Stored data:
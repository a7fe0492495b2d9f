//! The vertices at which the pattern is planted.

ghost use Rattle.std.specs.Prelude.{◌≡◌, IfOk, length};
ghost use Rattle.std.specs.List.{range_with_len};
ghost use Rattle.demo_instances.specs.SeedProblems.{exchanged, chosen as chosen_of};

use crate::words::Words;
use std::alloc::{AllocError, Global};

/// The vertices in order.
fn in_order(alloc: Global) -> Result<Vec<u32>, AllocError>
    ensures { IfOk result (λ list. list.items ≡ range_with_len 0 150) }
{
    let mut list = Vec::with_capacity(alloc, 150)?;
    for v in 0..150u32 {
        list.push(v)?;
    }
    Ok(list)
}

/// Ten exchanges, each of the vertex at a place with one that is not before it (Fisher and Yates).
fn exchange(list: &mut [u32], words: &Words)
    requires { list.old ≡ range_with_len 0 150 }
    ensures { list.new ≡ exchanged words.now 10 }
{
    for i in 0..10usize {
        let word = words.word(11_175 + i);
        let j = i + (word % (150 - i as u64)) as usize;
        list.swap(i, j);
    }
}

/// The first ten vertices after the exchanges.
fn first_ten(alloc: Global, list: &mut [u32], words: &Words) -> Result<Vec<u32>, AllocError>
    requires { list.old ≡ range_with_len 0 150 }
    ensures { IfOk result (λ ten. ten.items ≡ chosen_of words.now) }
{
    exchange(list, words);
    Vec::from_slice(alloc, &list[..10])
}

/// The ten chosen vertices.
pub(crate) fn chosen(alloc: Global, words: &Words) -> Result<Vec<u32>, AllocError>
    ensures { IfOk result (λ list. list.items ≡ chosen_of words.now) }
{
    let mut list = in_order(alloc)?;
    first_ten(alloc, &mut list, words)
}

* * *

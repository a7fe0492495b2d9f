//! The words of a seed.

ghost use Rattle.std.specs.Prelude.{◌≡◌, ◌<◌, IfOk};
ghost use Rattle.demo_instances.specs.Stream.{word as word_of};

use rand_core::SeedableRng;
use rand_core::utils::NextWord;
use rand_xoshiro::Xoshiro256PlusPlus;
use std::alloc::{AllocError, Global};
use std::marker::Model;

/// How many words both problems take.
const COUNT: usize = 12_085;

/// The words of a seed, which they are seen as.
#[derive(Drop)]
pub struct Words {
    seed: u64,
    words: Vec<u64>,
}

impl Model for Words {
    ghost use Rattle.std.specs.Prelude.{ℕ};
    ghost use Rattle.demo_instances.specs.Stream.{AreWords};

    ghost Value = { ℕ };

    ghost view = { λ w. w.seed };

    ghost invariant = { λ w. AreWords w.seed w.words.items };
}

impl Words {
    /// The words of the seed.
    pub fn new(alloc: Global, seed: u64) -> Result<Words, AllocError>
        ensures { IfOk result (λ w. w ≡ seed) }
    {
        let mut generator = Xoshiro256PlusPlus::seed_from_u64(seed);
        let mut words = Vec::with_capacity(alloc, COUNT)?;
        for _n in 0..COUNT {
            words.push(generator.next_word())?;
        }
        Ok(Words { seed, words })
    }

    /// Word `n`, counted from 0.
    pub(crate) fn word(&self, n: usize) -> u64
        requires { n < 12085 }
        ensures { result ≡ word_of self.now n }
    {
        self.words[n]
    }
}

● **Required action**
Filter the records above for lines with "Prelude".

● **Result**
ghost use Rattle.std.specs.Prelude.{◌≡◌, IfOk, length};
ghost use Rattle.std.specs.Prelude.{◌≡◌, ◌<◌, IfOk};
    ghost use Rattle.std.specs.Prelude.{ℕ};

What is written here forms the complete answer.